| Problem requirements |
The data below should be copied over with complete accuracy.

Material supplied START

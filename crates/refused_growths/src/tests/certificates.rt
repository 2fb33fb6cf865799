//! Certificates, written and checked.
ghost use Rattle.std.specs.Prelude.{◌≡◌, IfOk};
ghost use Rattle.counted_io.specs.Counted.{faults_of};
ghost use Rattle.span_cert.specs.Analysed.{IsAnalysisOf};

use super::programs::WORKED;
use super::supply::Supply;
use super::texts::program_of;
use counted_io::Counted;
use dispatch_core::replay::in_order;
use span_analysis::analysis::{Analysis, analyse};
use span_cert::{CheckFault, Checked, WriteFault, certificate_text, check, write_certificate};
use std::alloc::{AllocGlobal, Global};
use std::io;
use std::io::Write;
use std::process::Abort;
use std::test::Fail;
use std::thread::Threads;
use task_program::AllocFault;
use task_program::program::Program;
use task_segments::cut;

pub(super) const CERTIFICATE: &str =
    "omptasks 1\nwork 5\ntask {\nwork 3\n}\nwork 2\ntaskwait\nwork 1\n---\nend 9\nstart 0 0\n\
    start 1 5\nstart 2 5\nstart 3 8\nchain 0 1 3\n";

const ACCEPTED: Result<Checked, CheckFault> = Ok(Checked {
    segments: 4,
    ends_at: 9,
});

/// Has room for so many bytes, and takes no memory.
#[derive(Drop)]
pub(super) struct Room {
    bytes: [u8; 200],
    len: usize,
}

impl Room {
    /// What was written.
    pub(super) fn taken(&self) -> &[u8] {
        &self.bytes[..self.len.min(self.bytes.len())]
    }
}

impl Write for Room {
    fn write(&mut self, bytes: &[u8]) -> io::Result<usize> {
        let start = self.len.min(self.bytes.len());
        let room = &mut self.bytes[start..];
        let taken = bytes.len().min(room.len());
        room[..taken].copy_from_slice(&bytes[..taken]);
        self.len = start + taken;
        Ok(taken)
    }

    fn flush(&mut self) -> io::Result<()> {
        Ok(())
    }
}

pub(super) fn empty_room() -> Counted<Room>
    ensures { faults_of result ≡ 0 }
{
    Counted::new(Room {
        bytes: [0; 200],
        len: 0,
    })
}

fn analysis_of(alloc: Global, program: &Program) -> Result<Analysis, AllocFault>
    ensures { IfOk result (λ analysis. IsAnalysisOf program.now analysis) }
{
    let graph = match in_order(alloc, cut(alloc, program)?) {
        Ok(graph) => graph,
        Err(_) => return Err(AllocFault),
    };
    analyse(alloc, &graph)
}

fn analysed(alloc: Global, supply: &mut Supply, program: &Program) -> Result<Analysis, Fail>
    ensures { IfOk result (λ analysis. IsAnalysisOf program.now analysis) }
{
    supply.before_call();
    match analysis_of(alloc, program) {
        Ok(analysis) => Ok(analysis),
        Err(_) => {
            supply.refused();
            Ok(analysis_of(alloc, program)?)
        }
    }
}

/// Writes a certificate with ample memory.
fn write_again(rt: &impl Abort, alloc: Global, program: &Program, analysis: &Analysis)
    requires { IsAnalysisOf program.now analysis.now }
{
    let mut writer = empty_room();
    assert!(rt; write_certificate(alloc, program, analysis, &mut writer).is_ok());
    assert_eq!(rt; writer.inner().taken(), CERTIFICATE.as_bytes());
}

/// Writes a certificate.
fn write(
    rt: &impl Abort,
    alloc: Global,
    supply: &mut Supply,
    program: &Program,
    analysis: &Analysis,
)
    requires { IsAnalysisOf program.now analysis.now }
{
    let mut writer = empty_room();
    supply.before_call();
    match write_certificate(alloc, program, analysis, &mut writer) {
        Ok(()) => assert_eq!(rt; writer.inner().taken(), CERTIFICATE.as_bytes()),
        Err(fault) => {
            supply.refused();
            assert_eq!(rt; fault, WriteFault::OutOfMemory);
            assert!(rt; writer.inner().taken().is_empty() && writer.faults() == 0);
            write_again(rt, alloc, program, analysis);
        }
    }
}

/// Makes the text of a certificate.
fn make_text(
    rt: &impl Abort,
    alloc: Global,
    supply: &mut Supply,
    program: &Program,
    analysis: &Analysis,
) -> Result<(), Fail> {
    supply.before_call();
    let text = match certificate_text(alloc, program, analysis) {
        Ok(text) => text,
        Err(_) => {
            supply.refused();
            certificate_text(alloc, program, analysis)?
        }
    };
    assert_eq!(rt; text.as_slice(), CERTIFICATE.as_bytes());
    Ok(())
}

fn write_analysed(
    rt: &impl Abort,
    alloc: Global,
    supply: &mut Supply,
    program: &Program,
) -> Result<(), Fail> {
    let analysis = analysed(alloc, supply, program)?;
    make_text(rt, alloc, supply, program, &analysis)?;
    write(rt, alloc, supply, program, &analysis);
    Ok(())
}

/// Nothing is written where an allocation is refused.
pub(super) fn written<H: AllocGlobal + Abort>(rt: &H, supply: &mut Supply) -> Result<(), Fail> {
    let program = program_of(rt, supply, WORKED)?;
    write_analysed(rt, rt.alloc(), supply, &program)
}

/// A certificate that holds, and one whose chain has a false step.
pub(super) fn checked<H: AllocGlobal + Threads + Abort + Sync>(
    rt: &H,
    supply: &mut Supply,
) -> Result<(), Fail> {
    let alloc = rt.alloc();
    let wrong = b"omptasks 1\nwork 5\n---\nend 5\nstart 0 0\nchain 0 0\n".as_slice();
    let step = Err(CheckFault::ChainStep { s: 0, t: 0 });
    for (document, wanted) in [(CERTIFICATE.as_bytes(), ACCEPTED), (wrong, step)] {
        supply.before_call();
        let answer = match check(rt, alloc, document) {
            Err(CheckFault::OutOfMemory) => {
                supply.refused();
                check(rt, alloc, document)
            }
            answer => answer,
        };
        assert!(rt; answer == wanted);
    }
    Ok(())
}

Material supplied END

| Written response |
filename crates/refused_growths/src/tests/certificates.rt
repository 2fb33fb6cf865799
//! Certificates, written and checked.
ghost use Rattle.std.specs.Prelude.{◌≡◌, IfOk};
ghost use Rattle.counted_io.specs.Counted.{faults_of};
ghost use Rattle.span_cert.specs.Analysed.{IsAnalysisOf};

use super::programs::WORKED;
use super::supply::Supply;
use super::texts::program_of;
use counted_io::Counted;
use dispatch_core::replay::in_order;
use span_analysis::analysis::{Analysis, analyse};
use span_cert::{CheckFault, Checked, WriteFault, certificate_text, check, write_certificate};
use std::alloc::{AllocGlobal, Global};
use std::io;
use std::io::Write;
use std::process::Abort;
use std::test::Fail;
use std::thread::Threads;
use task_program::AllocFault;
use task_program::program::Program;
use task_segments::cut;

pub(super) const CERTIFICATE: &str =
    "omptasks 1\nwork 5\ntask {\nwork 3\n}\nwork 2\ntaskwait\nwork 1\n---\nend 9\nstart 0 0\n\
    start 1 5\nstart 2 5\nstart 3 8\nchain 0 1 3\n";

const ACCEPTED: Result<Checked, CheckFault> = Ok(Checked {
    segments: 4,
    ends_at: 9,
});

/// Has room for so many bytes, and takes no memory.
#[derive(Drop)]
pub(super) struct Room {
    bytes: [u8; 200],
    len: usize,
}

impl Room {
    /// What was written.
    pub(super) fn taken(&self) -> &[u8] {
        &self.bytes[..self.len.min(self.bytes.len())]
    }
}

impl Write for Room {
    fn write(&mut self, bytes: &[u8]) -> io::Result<usize> {
        let start = self.len.min(self.bytes.len());
        let room = &mut self.bytes[start..];
        let taken = bytes.len().min(room.len());
        room[..taken].copy_from_slice(&bytes[..taken]);
        self.len = start + taken;
        Ok(taken)
    }

    fn flush(&mut self) -> io::Result<()> {
        Ok(())
    }
}

pub(super) fn empty_room() -> Counted<Room>
    ensures { faults_of result ≡ 0 }
{
    Counted::new(Room {
        bytes: [0; 200],
        len: 0,
    })
}

fn analysis_of(alloc: Global, program: &Program) -> Result<Analysis, AllocFault>
    ensures { IfOk result (λ analysis. IsAnalysisOf program.now analysis) }
{
    let graph = match in_order(alloc, cut(alloc, program)?) {
        Ok(graph) => graph,
        Err(_) => return Err(AllocFault),
    };
    analyse(alloc, &graph)
}

fn analysed(alloc: Global, supply: &mut Supply, program: &Program) -> Result<Analysis, Fail>
    ensures { IfOk result (λ analysis. IsAnalysisOf program.now analysis) }
{
    supply.before_call();
    match analysis_of(alloc, program) {
        Ok(analysis) => Ok(analysis),
        Err(_) => {
            supply.refused();
            Ok(analysis_of(alloc, program)?)
        }
    }
}

/// Writes a certificate with ample memory.
fn write_again(rt: &impl Abort, alloc: Global, program: &Program, analysis: &Analysis)
    requires { IsAnalysisOf program.now analysis.now }
{
    let mut writer = empty_room();
    assert!(rt; write_certificate(alloc, program, analysis, &mut writer).is_ok());
    assert_eq!(rt; writer.inner().taken(), CERTIFICATE.as_bytes());
}

/// Writes a certificate.
fn write(
    rt: &impl Abort,
    alloc: Global,
    supply: &mut Supply,
    program: &Program,
    analysis: &Analysis,
)
    requires { IsAnalysisOf program.now analysis.now }
{
    let mut writer = empty_room();
    supply.before_call();
    match write_certificate(alloc, program, analysis, &mut writer) {
        Ok(()) => assert_eq!(rt; writer.inner().taken(), CERTIFICATE.as_bytes()),
        Err(fault) => {
            supply.refused();
            assert_eq!(rt; fault, WriteFault::OutOfMemory);
            assert!(rt; writer.inner().taken().is_empty() && writer.faults() == 0);
            write_again(rt, alloc, program, analysis);
        }
    }
}

/// Makes the text of a certificate.
fn make_text(
    rt: &impl Abort,
    alloc: Global,
    supply: &mut Supply,
    program: &Program,
    analysis: &Analysis,
) -> Result<(), Fail> {
    supply.before_call();
    let text = match certificate_text(alloc, program, analysis) {
        Ok(text) => text,
        Err(_) => {
            supply.refused();
            certificate_text(alloc, program, analysis)?
        }
    };
    assert_eq!(rt; text.as_slice(), CERTIFICATE.as_bytes());
    Ok(())
}

fn write_analysed(
    rt: &impl Abort,
    alloc: Global,
    supply: &mut Supply,
    program: &Program,
) -> Result<(), Fail> {
    let analysis = analysed(alloc, supply, program)?;
    make_text(rt, alloc, supply, program, &analysis)?;
    write(rt, alloc, supply, program, &analysis);
    Ok(())
}

/// Nothing is written where an allocation is refused.
pub(super) fn written<H: AllocGlobal + Abort>(rt: &H, supply: &mut Supply) -> Result<(), Fail> {
    let program = program_of(rt, supply, WORKED)?;
    write_analysed(rt, rt.alloc(), supply, &program)
}

/// A certificate that holds, and one whose chain has a false step.
pub(super) fn checked<H: AllocGlobal + Threads + Abort + Sync>(
    rt: &H,
    supply: &mut Supply,
) -> Result<(), Fail> {
    let alloc = rt.alloc();
    let wrong = b"omptasks 1\nwork 5\n---\nend 5\nstart 0 0\nchain 0 0\n".as_slice();
    let step = Err(CheckFault::ChainStep { s: 0, t: 0 });
    for (document, wanted) in [(CERTIFICATE.as_bytes(), ACCEPTED), (wrong, step)] {
        supply.before_call();
        let answer = match check(rt, alloc, document) {
            Err(CheckFault::OutOfMemory) => {
                supply.refused();
                check(rt, alloc, document)
            }
            answer => answer,
        };
        assert!(rt; answer == wanted);
    }
    Ok(())
}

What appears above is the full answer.